• TASK
Give back exactly the stretch of data below from the line holding "node, in path order." through the line holding "pub fn start(alloc: Global, root: NodeRef)", both ends included, and leave the remaining lines out.

• PROVIDED DATA
□ □ □ □

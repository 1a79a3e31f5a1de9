//! Streams of frames, of a source that gives bytes in pieces.
#![tactic(auto)]

pub mod frame;
pub mod laws;
pub mod quic;
pub mod stream;

pub use h3_frames::{buf, proto};
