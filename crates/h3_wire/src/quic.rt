//! What is asked of the transport: a source of bytes in pieces.
ghost use Rattle.std.specs.Prelude.{◌≡◌, ℕ, List};
ghost use Rattle.h3_wire.specs.Source.{Answer, Polls};

use bytes::Bytes;
use h3_frames::proto::stream::StreamId;
pub use h3_frames::quic::StreamErrorIncoming;

/// What a call has for its caller now.
#[derive(Clone, Copy, Debug, PartialEq, Eq)]
pub enum Poll<T> {
    /// This is it.
    Ready(T),
    /// Nothing yet: ask again.
    Pending,
}

/// A stream that is read in pieces. An implementation says what its answers mean by `answers`, and
/// proves that they keep the law `polls`.
pub trait RecvStream {
    // The bytes that it still gives.
    ghost rest: { Self → List ℕ };

    // What an answer says of the source before it and after it.
    ghost answers: { Self → Answer → Self → Type 0 };

    // The number of the stream.
    ghost id: { Self → ℕ };

    /// The next piece, or `None` at the end.
    fn poll_data(&mut self) -> Poll<Result<Option<Bytes>, StreamErrorIncoming>>
        ensures { answers self.old result self.new };

    /// The id of the stream.
    fn recv_id(&self) -> StreamId
        ensures { result ≡ id self.now };

    // The pieces joined are a front of the bytes that it gives, none is empty, and after the end
    // none comes. An answer that gives no piece changes none of these bytes.
    ghost polls: { (s t : Self) (answer : Answer) → answers s answer t → Polls answer (rest s) (rest t) };

    // It stays the same stream.
    ghost same: { (s t : Self) (answer : Answer) → answers s answer t → id t ≡ id s };
}
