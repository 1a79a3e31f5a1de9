//! A source with a buffer before it.
ghost use Rattle.std.specs.Prelude.{◌≡◌, nat_le, ◌<◌, ◌+◌, ◌^◌, ◌++◌, ◌≤◌, ℕ, List, false, true, [], length, MatchOption, IfOk, IfSome};
ghost use Rattle.std.specs.Prelude.{None, OnErr, Err, IsTrue, ◌↔◌};
ghost use Rattle.h3_wire.specs.Source.{Asked, coming};
ghost use Rattle.std.specs.Borrow.{Lends, sem};
ghost use Rattle.h3_wire.specs.contracts.stream.BufRecvStream.{the_row};
ghost use Rattle.h3_frames.specs.Numbers.{TakesNumber};
ghost use Rattle.h3_wire.specs.Asking.{Asks};
ghost use Rattle.h3_wire.specs.Buffering.{left_behind, AnswersFrom};
ghost use Rattle.h3_wire.specs.BufferingLaws.{polls_behind, same_behind};
ghost use Rattle.h3_frames.specs.Frames.{plain_frames};
ghost use Rattle.h3_frames.specs.Known.{Gives};
ghost use Rattle.h3_wire.specs.Cut.{TellsEnd};
ghost use Rattle.h3_wire.specs.Given.{AddsPieces};
ghost use Rattle.h3_frames.specs.Pieces.{IsRest, chunk_of, ending, first_of};
ghost use Rattle.h3_frames.specs.Tries.{Counts, Expects};
ghost use Rattle.std.specs.List.{concat};
ghost use Rattle.h3_wire.specs.Streams.{ReadsMore, Tells, Adds, EndIsTold, AsksFirst, stream_error, error_of};

use crate::quic::{Poll, RecvStream, StreamErrorIncoming};
use bytes::{Buf, Bytes};
use h3_frames::buf::BufList;
use h3_frames::frame::{FrameDecoder, FrameStreamError};
use h3_frames::proto::frame::{Frame, PayloadLen};
use h3_frames::proto::stream::StreamId;
use std::alloc::{AllocError, Global};
use std::fmt;
use std::marker::Model;

mod accept;
mod headers;
mod write_buf;

pub use accept::{AcceptRecvStream, AcceptedRecvStream, PollTypeError};
pub use h3_frames::stream::MessageBuf;
pub use headers::{BidiStreamHeader, UniStreamHeader};
pub use write_buf::WriteBuf;

/// A source, and the bytes of it that were read and not yet taken.
#[derive(Drop)]
pub struct BufRecvStream<S> {
    buf: BufList<Bytes>,
    eos: bool,
    stream: S,
}

impl<S> Model for BufRecvStream<S> {
    ghost use Rattle.h3_wire.specs.Streams.{Buffered};

    ghost Value = { Buffered S };

    ghost view = { λ s. record { pieces = s.buf.pieces; source = s.stream; is_eos = s.eos } };
}

impl<S> BufRecvStream<S> {
    /// A stream of which nothing was read.
    pub fn new(alloc: Global, stream: S) -> Self
        ensures bytes { concat result.pieces ≡ [] }
        ensures pieces { result.pieces ≡ [] }
        ensures source { result.source ≡ stream }
        ensures is_eos { result.is_eos ≡ false }
    {
        BufRecvStream {
            buf: BufList::new(alloc),
            eos: false,
            stream,
        }
    }

    /// Lends the source, so that more can be put into it.
    pub fn source_mut(&mut self) -> &mut S
        ensures value { result.now ≡ self.old.source }
        ensures* writes_back { sem 𝓛 (Lends (the_row S.row) S.row self.entry result (λ x. record self.old { source = x })) }
    {
        &mut self.stream
    }

    /// How many bytes were read and not yet taken.
    pub fn remaining(&self) -> usize
        ensures { result ≡ length (concat self.now.pieces) }
    {
        self.buf.remaining()
    }

    /// Whether bytes were read and not yet taken.
    pub fn has_remaining(&self) -> bool
        ensures { IsTrue result ↔ (0 < length (concat self.now.pieces)) }
    {
        self.buf.has_remaining()
    }

    /// Takes the first piece's first bytes, `max` or all of it.
    pub fn take_chunk(&mut self, max: usize) -> Result<Option<Bytes>, AllocError>
        ensures some { IfOk result (λ o. MatchOption o ((concat self.old.pieces ≡ []) × (concat self.new.pieces ≡ []))
            (λ b. (concat self.old.pieces ≡ b ++ concat self.new.pieces) × (length b ≤ max) × (0 < max → 0 < length b))) }
        ensures pieces { IfOk result (λ o. (o, self.new.pieces) ≡ chunk_of max self.old.pieces) }
        ensures err { OnErr result (self.new.pieces ≡ self.old.pieces) }
        ensures source { self.new.source ≡ self.old.source }
        ensures is_eos { self.new.is_eos ≡ self.old.is_eos }
    {
        self.buf.take_chunk(max)
    }

    // Takes the first piece.
    pub(crate) fn take_first_chunk(&mut self) -> Option<Bytes>
        ensures some { MatchOption result ((concat self.old.pieces ≡ []) × (concat self.new.pieces ≡ []))
            (λ b. (concat self.old.pieces ≡ b ++ concat self.new.pieces) × (0 < length b)) }
        ensures pieces { (result, self.new.pieces) ≡ first_of self.old.pieces }
        ensures source { self.new.source ≡ self.old.source }
        ensures is_eos { self.new.is_eos ≡ self.old.is_eos }
    {
        self.buf.take_first_chunk()
    }

    // Takes the number at the front of what was read, if it is whole.
    fn take_number(&mut self) -> Option<u64>
        ensures takes { TakesNumber result (concat self.old.pieces) (concat self.new.pieces) }
        ensures below { IfSome result (λ n. n < 2 ^ 62) }
        ensures rest { IsRest self.old.pieces self.new.pieces }
        ensures source { self.new.source ≡ self.old.source }
        ensures is_eos { self.new.is_eos ≡ self.old.is_eos }
    {
        self.buf.take_var()
    }

    // Whether all that was read lies in one piece.
    pub(crate) fn is_one_piece(&self) -> bool
        ensures { result ≡ nat_le (length self.now.pieces) 1 }
    {
        self.buf.is_one_piece()
    }

    /// The bytes that were read and not yet taken, and the source. `is_eos` tells whether its end
    /// is known.
    pub fn into_parts(self) -> (BufList<Bytes>, S)
        ensures pieces { result.0.pieces ≡ self.pieces }
        ensures source { result.1 ≡ self.source }
    {
        (self.buf, self.stream)
    }

    /// Whether the source's end is known.
    pub fn is_eos(&self) -> bool
        ensures { result ≡ self.now.is_eos }
    {
        self.eos
    }
}

// What a read gave: more bytes, the end, or nothing yet.
#[derive(Clone, Copy)]
pub(crate) enum Received {
    More,
    End,
    Nothing,
}

impl<S: RecvStream> BufRecvStream<S> {
    /// Reads a piece into the buffer, and answers whether the end came. Room is taken before the source is asked.
    pub fn poll_read(&mut self) -> Poll<Result<bool, StreamErrorIncoming>>
        requires { length (concat self.old.pieces) + length (S.rest self.old.source) < 2 ^ 62 }
        ensures { ReadsMore S.answers result self.old self.new }
    {
        if self.buf.reserve().is_err() {
            return Poll::Ready(Err(StreamErrorIncoming::OutOfMemory));
        }
        match self.stream.poll_data() {
            Poll::Ready(Ok(Some(piece))) => {
                self.buf.keep_reserved(piece);
                Poll::Ready(Ok(false))
            }
            Poll::Ready(Ok(None)) => {
                self.eos = true;
                Poll::Ready(Ok(true))
            }
            Poll::Ready(Err(e)) => Poll::Ready(Err(e)),
            Poll::Pending => Poll::Pending,
        }
    }

    // Reads more, unless the source's end is known.
    pub(crate) fn receive(&mut self) -> Result<Received, FrameStreamError>
        requires { length (concat self.old.pieces ++ coming self.old.is_eos (S.rest self.old.source)) < 2 ^ 62 }
        ensures all { concat self.new.pieces ++ coming self.new.is_eos (S.rest self.new.source) ≡ concat self.old.pieces
            ++ coming self.old.is_eos (S.rest self.old.source) }
        ensures grows { (more : List ℕ) × (concat self.new.pieces ≡ concat self.old.pieces ++ more) }
        ensures adds { Adds result (concat self.old.pieces) (concat self.new.pieces) }
        ensures tells { Tells S.rest S.answers result self.old self.new }
        ensures asked { Asked S.answers self.old.source self.new.source }
        ensures ended { EndIsTold S.answers self.new.source self.old.is_eos self.new.is_eos }
        ensures first { self.old.is_eos ≡ false → AsksFirst S.answers self.old.source (error_of result) }
        ensures pieces { AddsPieces S.answers self.old.source self.old.pieces self.new.source self.new.pieces }
        ensures end { TellsEnd result self.new.is_eos }
        ensures asks { Asks S.answers self.old result self.new }
    {
        if self.eos {
            return Ok(Received::End);
        }
        match self.poll_read() {
            Poll::Ready(Ok(false)) => Ok(Received::More),
            Poll::Ready(Ok(true)) => Ok(Received::End),
            Poll::Ready(Err(e)) => Err(as_stream_error(e)),
            Poll::Pending => Ok(Received::Nothing),
        }
    }

    // Takes the next known frame of what was read.
    pub(crate) fn take_frame(
        &mut self,
        alloc: Global,
        decoder: &mut FrameDecoder,
    ) -> Result<Option<Frame<PayloadLen>>, FrameStreamError>
        requires expects { Expects plain_frames decoder.old (concat self.old.pieces) }
        ensures gives { Gives plain_frames result (concat self.old.pieces) (concat self.new.pieces) }
        ensures expects { Expects plain_frames decoder.new (concat self.new.pieces) }
        ensures counts { Counts plain_frames decoder.old (concat self.old.pieces) result decoder.new }
        ensures fresh { IfOk result (λ o. IfSome o (λ f. decoder.new.expected ≡ None)) }
        ensures pieces { self.new.pieces ≡ ending (length (concat self.new.pieces)) self.old.pieces }
        ensures source { self.new.source ≡ self.old.source }
        ensures is_eos { self.new.is_eos ≡ self.old.is_eos }
    {
        decoder.decode(alloc, &mut self.buf)
    }
}

// An error of the source as the stream of frames tells it.
fn as_stream_error(e: StreamErrorIncoming) -> FrameStreamError
    ensures { result ≡ stream_error e }
{
    match e {
        StreamErrorIncoming::OutOfMemory => FrameStreamError::OutOfMemory,
        e => FrameStreamError::Quic(e),
    }
}

/// What was read comes first, a piece a call. After it nothing comes once the source's end is known.
impl<S: RecvStream> RecvStream for BufRecvStream<S> {
    ghost rest = { left_behind S.rest };

    ghost answers = { AnswersFrom S.answers };

    ghost id = { λ s. S.id s.source };

    ghost polls = { polls_behind S.rest S.answers S.polls };

    ghost same = { same_behind S.answers S.id S.same };

    fn poll_data(&mut self) -> Poll<Result<Option<Bytes>, StreamErrorIncoming>> {
        if let Some(piece) = self.buf.take_first_chunk() {
            return Poll::Ready(Ok(Some(piece)));
        }
        if self.eos {
            return Poll::Ready(Ok(None));
        }
        let answer = self.stream.poll_data();
        self.eos = matches!(&answer, Poll::Ready(Ok(None)));
        answer
    }

    fn recv_id(&self) -> StreamId {
        self.stream.recv_id()
    }
}

impl<S> fmt::Debug for BufRecvStream<S> {
    fn fmt<W: fmt::Write>(&self, f: &mut fmt::Formatter<W>) -> fmt::Result {
        f.debug_struct("BufRecvStream")
            .field("buf", &self.buf)
            .field("eos", &self.eos)
            .field("stream", &"...")
            .finish()
    }
}
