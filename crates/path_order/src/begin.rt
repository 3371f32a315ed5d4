ghost use Rattle.std.specs.Prelude.{◌≡◌, ℕ, [], ◌∷◌, ◌++◌, Some, Err, IfOk, OnOk};
ghost use Rattle.inode_tree.specs.Parts.{child_of};
ghost use Rattle.inode_tree.specs.Views.{IsKnown};
ghost use Rattle.inode_tree.specs.declared.draft.EvalStop.TheVariants as stop;
ghost use Rattle.inode_tree.specs.declared.need.Need.{Need};
ghost use Rattle.namespace_model.specs.Trees.{Path};
ghost use Rattle.path_walk.specs.Calls.{GoesOn};
ghost use Rattle.path_walk.specs.Visits.{NeedsChild};
ghost use Rattle.path_order.specs.Starts.{IsRoot, IsAtFor, IsLookAt, IsStart, NeedsOnTheWay};

use super::cursor::{Cursor, Level, Seen};
use inode_tree::{EvalStop, NodeRef, View};
use lock_core::LockMode;
use path_text::Name;
use path_walk::child_of;
use std::alloc::{AllocError, Global};

/// A walk that begins behind a path, and the nodes that were looked at on the way there.
#[derive(Drop)]
pub struct Start {
    /// The walk.
    pub cursor: Cursor,
    /// The nodes on the way to the path, in path order.
    pub seen: Vec<Seen>,
}

/// A walk below a node, behind the path to which these names lead from it, whether it is there or not. Each node on the
/// way to it that is there is looked at, for which its stripe has to be held at least shared: where it isn't, the answer is
/// `Need`. `NoMemory` may come at any time.
pub fn behind<V: View>(
    alloc: Global,
    view: &mut V,
    root: NodeRef,
    names: &[Name],
) -> Result<Start, EvalStop>
    requires root { IsRoot (V.shown view.old) root }
    ensures on { GoesOn (V.held view.old) (V.held view.new) (V.over view.old) (V.over view.new) (V.shown view.old) (V.shown view.new) }
    ensures start { IfOk result (λ start. (p : Path) → IsAtFor (V.shown view.old) p root
        → IsStart (V.held view.new) (V.shown view.new) p names.now start) }
    ensures need { (n : Need) → result ≡ Err (stop.Need n) → (p : Path) → IsAtFor (V.shown view.old) p root
        → NeedsOnTheWay (V.held view.new) (V.shown view.new) p (Some (p ++ names.now)) n }
{
    let mut seen = Vec::new(alloc);
    let mut levels = Vec::new(alloc);
    let mut node = root;
    for name in names {
        let found = match look_at(view, &node, name) {
            Ok(found) => found,
            Err(stop) => return Err(stop),
        };
        put_level(alloc, &mut levels, node, name)?;
        match found {
            None => {
                let cursor = Cursor {
                    ahead: None,
                    levels,
                };
                return Ok(Start { cursor, seen });
            }
            Some(child) => {
                node = child.node.copy()?;
                seen.push(child)?;
            }
        }
    }
    Ok(Start {
        cursor: Cursor {
            levels,
            ahead: Some(node),
        },
        seen,
    })
}

// Puts one level more behind these.
fn put_level(
    alloc: Global,
    levels: &mut Vec<Level>,
    node: NodeRef,
    name: &Name,
) -> Result<(), AllocError>
    ensures { OnOk result (levels.new.items ≡ levels.old.items ++ record { node = node; name = name.now } ∷ []) }
{
    levels.push(Level {
        node,
        name: name.copy(alloc)?,
    })?;
    Ok(())
}

// Looks at the child of a name of a node that was looked at, where it has one.
fn look_at<V: View>(view: &mut V, node: &NodeRef, name: &Name) -> Result<Option<Seen>, EvalStop>
    requires known { (child : ℕ) → child_of node.now name.now ≡ Some child → IsKnown (V.shown view.old) child }
    ensures on { GoesOn (V.held view.old) (V.held view.new) (V.over view.old) (V.over view.new) (V.shown view.old) (V.shown view.new) }
    ensures look { IfOk result (λ seen. IsLookAt (V.held view.new) (V.shown view.new) node.now name.now seen) }
    ensures need { (n : Need) → result ≡ Err (stop.Need n) → NeedsChild (V.held view.new) node.now name.now n }
{
    match child_of(node, name) {
        None => Ok(None),
        Some(id) => {
            let child = view.get(id, LockMode::Shared)?;
            Ok(Some(Seen { id, node: child }))
        }
    }
}
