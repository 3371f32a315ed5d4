//! A node and all that is below it.
ghost use Rattle.std.specs.Prelude.{◌≡◌, ◌∷◌, ℕ, Err, IfOk};
ghost use Rattle.inode_tree.specs.Promises.{numbers_of};
ghost use Rattle.inode_tree.specs.declared.draft.EvalStop.TheVariants as stop;
ghost use Rattle.inode_tree.specs.declared.need.Need.{Need};
ghost use Rattle.namespace_model.specs.Trees.{Path};
ghost use Rattle.path_walk.specs.Calls.{GoesOn};
ghost use Rattle.path_order.specs.PagesBelow.{ids_in};
ghost use Rattle.path_order.specs.Subtrees.{IsTop, IsSubtree, NeedsSubtree};

use super::cursor::{Cursor, Seen};
use super::paging::next_page;
use inode_tree::{EvalStop, NodeId, View};
use std::alloc::{AllocError, Global};

/// The node of a path and the nodes of all that is below it, in path order.
#[derive(Drop)]
pub struct Subtree {
    /// The node of the path.
    pub top: Seen,
    /// The nodes below it.
    pub below: Vec<Seen>,
}

/// The node of a path, which was looked at, with all that is below it. Each node below it is looked at, for which its
/// stripe has to be held at least shared: where it isn't, the answer is `Need`. `NoMemory` may come at any time.
pub fn walk_subtree<V: View>(alloc: Global, view: &mut V, top: Seen) -> Result<Subtree, EvalStop>
    requires top { (p : Path) × IsTop (V.shown view.old) p top }
    ensures on { GoesOn (V.held view.old) (V.held view.new) (V.over view.old) (V.over view.new) (V.shown view.old) (V.shown view.new) }
    ensures top { IfOk result (λ s. s.top ≡ top) }
    ensures nodes { IfOk result (λ s. (p : Path) → IsTop (V.shown view.old) p top
        → IsSubtree (V.held view.new) (V.shown view.new) p s) }
    ensures need { (n : Need) → result ≡ Err (stop.Need n) → (p : Path) → IsTop (V.shown view.old) p top
        → NeedsSubtree (V.held view.new) (V.shown view.new) p n }
{
    let mut cursor = Cursor::start(alloc, top.node.copy()?);
    let page = match next_page(alloc, view, &mut cursor, usize::MAX) {
        Ok(page) => page,
        Err(stop) => return Err(stop),
    };
    if page.more {
        return Err(EvalStop::NoMemory);
    }
    Ok(Subtree {
        top,
        below: page.seen,
    })
}

impl Subtree {
    /// The ids of its nodes, in path order. The one error is want of memory.
    pub fn ids(&self, alloc: Global) -> Result<Vec<NodeId>, AllocError>
        ensures { IfOk result (λ ids. numbers_of ids.items ≡ ids_in (self.now.top ∷ self.now.below.items)) }
    {
        let mut ids = Vec::new(alloc);
        ids.push(self.top.id)?;
        for seen in &self.below {
            ids.push(seen.id)?;
        }
        Ok(ids)
    }
}
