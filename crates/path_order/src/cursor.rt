ghost use Rattle.std.specs.Prelude.{◌≡◌, ℕ, [], Ok, Err, Some, None, IfOk, OnOk};
ghost use Rattle.inode_tree.specs.Parts.{Parts};
ghost use Rattle.inode_tree.specs.Stands.{Stands};
ghost use Rattle.inode_tree.specs.Views.{Shown};
ghost use Rattle.inode_tree.specs.declared.draft.EvalStop.TheVariants as stop;
ghost use Rattle.inode_tree.specs.declared.need.Need.{Need};
ghost use Rattle.namespace_model.specs.Trees.{Path, Tree};
ghost use Rattle.path_walk.specs.Calls.{GoesOn};
ghost use Rattle.path_order.specs.Cursors.{names_of, IsWalk, IsCursor, IsCursorIn, IsAdvanced, IsEnd, IsNextSeen, LooksAtNext, NeedsNext};
ghost use Rattle.path_order.specs.Starts.{IsAtFor};

use inode_tree::{EvalStop, NodeId, NodeRef, View};
use lock_core::LockMode;
use path_text::Name;
use path_walk::child_above;
use std::alloc::{AllocError, Global};

// A directory on the way to where a walk is, and the name by which the way goes on.
#[derive(Drop)]
pub(crate) struct Level {
    pub(crate) node: NodeRef,
    pub(crate) name: Name,
}

/// A walk below a node, in path order.
#[derive(Drop)]
pub struct Cursor {
    // The directories on the way to the last path, from the one at which the walk began. What is below the last name was
    // passed, unless it is still to come.
    pub(crate) levels: Vec<Level>,
    // The node of the last path, where all that is below it is still to come.
    pub(crate) ahead: Option<NodeRef>,
}

/// A node that was looked at.
#[derive(Drop)]
pub struct Seen {
    /// Its id.
    pub id: NodeId,
    /// The look at it.
    pub node: NodeRef,
}

impl Cursor {
    /// A walk below a node, at its beginning. It takes no memory.
    pub fn start(alloc: Global, root: NodeRef) -> Cursor
        ensures { (shown : Shown) (p : Path) → IsAtFor shown p root → IsCursor shown p p result }
    {
        Cursor {
            levels: Vec::new(alloc),
            ahead: Some(root),
        }
    }

    /// The node of the next path, which is looked at, for which its stripe has to be held at least shared: where it isn't,
    /// the answer is `Need`. Nothing else is looked at. It is `None` at the end of the walk. `NoMemory` may come at any time.
    /// After an error nothing is said of the walk: who goes on begins anew.
    pub fn next<V: View>(&mut self, alloc: Global, view: &mut V) -> Result<Option<Seen>, EvalStop>
        requires walk { IsWalk (V.shown view.old) self.old }
        ensures on { GoesOn (V.held view.old) (V.held view.new) (V.over view.old) (V.over view.new) (V.shown view.old) (V.shown view.new) }
        ensures next { IfOk result (λ seen. (root token : Path) → IsCursor (V.shown view.old) root token self.old
            → IsNextSeen (V.held view.new) (V.shown view.new) root token self.new seen) }
        ensures looks { IfOk result (λ seen. LooksAtNext (V.shown view.old) (V.shown view.new) seen) }
        ensures need { (n : Need) → result ≡ Err (stop.Need n) → (root token : Path)
            → IsCursor (V.shown view.old) root token self.old → NeedsNext (V.held view.new) (V.shown view.old) root token n }
    {
        match self.advance(alloc)? {
            None => Ok(None),
            Some(id) => {
                let node = view.get(id, LockMode::Shared)?;
                self.ahead = Some(node.copy()?);
                Ok(Some(Seen { id, node }))
            }
        }
    }

    /// Whether nothing of what is below the node is behind the last path. It looks at nothing.
    pub fn is_at_end(&self) -> bool
        ensures { (parts : Parts) (t : Tree) (root token : Path) → Stands parts t → IsCursorIn parts t root token self.now
            → IsEnd t root token result }
    {
        if let Some(node) = &self.ahead {
            if let Some((_name, _id)) = child_above(node, None) {
                return false;
            }
        }
        let mut left = self.levels.len();
        while left > 0 {
            left -= 1;
            let level = &self.levels[left];
            if let Some((_name, _id)) = child_above(&level.node, Some(&level.name)) {
                return false;
            }
        }
        true
    }

    /// The names by which the last path stands below the node at which the walk began. The one error is want of memory.
    pub fn names(&self, alloc: Global) -> Result<Vec<Name>, AllocError>
        ensures { IfOk result (λ names. names.items ≡ names_of self.now) }
    {
        let mut names = Vec::new(alloc);
        for level in self.levels.as_slice() {
            names.push(level.name.copy(alloc)?)?;
        }
        Ok(names)
    }

    // The id of the next path, to which the way is made.
    fn advance(&mut self, alloc: Global) -> Result<Option<NodeId>, AllocError>
        ensures { IfOk result (λ next. (parts : Parts) (t : Tree) (root token : Path) → Stands parts t
            → IsCursorIn parts t root token self.old → IsAdvanced parts t root token self.new next) }
    {
        if let Some(node) = self.ahead.take() {
            if let Some((name, id)) = child_above(&node, None) {
                let name = name.copy(alloc)?;
                self.levels.push(Level { node, name })?;
                return Ok(Some(id));
            }
        }
        while let Some(level) = self.levels.pop() {
            if let Some((name, id)) = child_above(&level.node, Some(&level.name)) {
                let name = name.copy(alloc)?;
                self.levels.push(Level {
                    node: level.node,
                    name,
                })?;
                return Ok(Some(id));
            }
        }
        Ok(None)
    }
}
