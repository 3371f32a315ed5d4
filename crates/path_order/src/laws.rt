ghost use Rattle.path_order.specs.Followed.{PagesCover};

/// Pages that follow one another to the end, each by the token of the one before, cover what is below their directory behind the first
/// token, and each path comes once, where no path comes or goes between the calls.
pub fn pages_cover_their_list()
    ensures { PagesCover }
{}
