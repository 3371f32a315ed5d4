ghost use Rattle.std.specs.Prelude.{◌≡◌, ◌++◌, IfOk};
ghost use Rattle.inode_tree.specs.Promises.{numbers_of};
ghost use Rattle.path_order.specs.PagesBelow.{ids_in};

use super::cursor::Seen;
use inode_tree::NodeId;
use std::alloc::AllocError;

/// These ids, and behind them those of the nodes. The one error is want of memory.
pub fn with_ids(ids: Vec<NodeId>, nodes: &[Seen]) -> Result<Vec<NodeId>, AllocError>
    ensures { IfOk result (λ all. numbers_of all.items ≡ numbers_of ids.items ++ ids_in nodes.now) }
{
    let mut all = ids;
    for seen in nodes {
        all.push(seen.id)?;
    }
    Ok(all)
}
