ghost use Rattle.std.specs.Prelude.{◌≡◌, ◌≢◌, [], ◌++◌, IfOk};

use path_text::{Name, Path};
use std::alloc::{AllocError, Global};

/// The path of these names below another path, which is not the account's. The one error is want of memory.
pub fn path_below(alloc: Global, path: &Path, names: &[Name]) -> Result<Path, AllocError>
    requires below { path.now ≢ [] }
    ensures { IfOk result (λ whole. whole ≡ path.now ++ names.now) }
{
    let mut whole = path.copy(alloc)?;
    for name in names {
        let longer = whole.child(alloc, name)?;
        whole = longer;
    }
    Ok(whole)
}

□ □ □ □

• EXERCISE OUTPUT
/// A walk below a node, in path order.
#[derive(Drop)]
pub struct Cursor {
    // The directories on the way to the last path, from the one at which the walk began. What is below the last name was
    // passed, unless it is still to come.
    pub(crate) levels: Vec<Level>,
    // The node of the last path, where all that is below it is still to come.
    pub(crate) ahead: Option<NodeRef>,
}

/// A node that was looked at.
#[derive(Drop)]
pub struct Seen {
    /// Its id.
    pub id: NodeId,
    /// The look at it.
    pub node: NodeRef,
}

impl Cursor {
    /// A walk below a node, at its beginning. It takes no memory.
    pub fn start(alloc: Global, root: NodeRef) -> Cursor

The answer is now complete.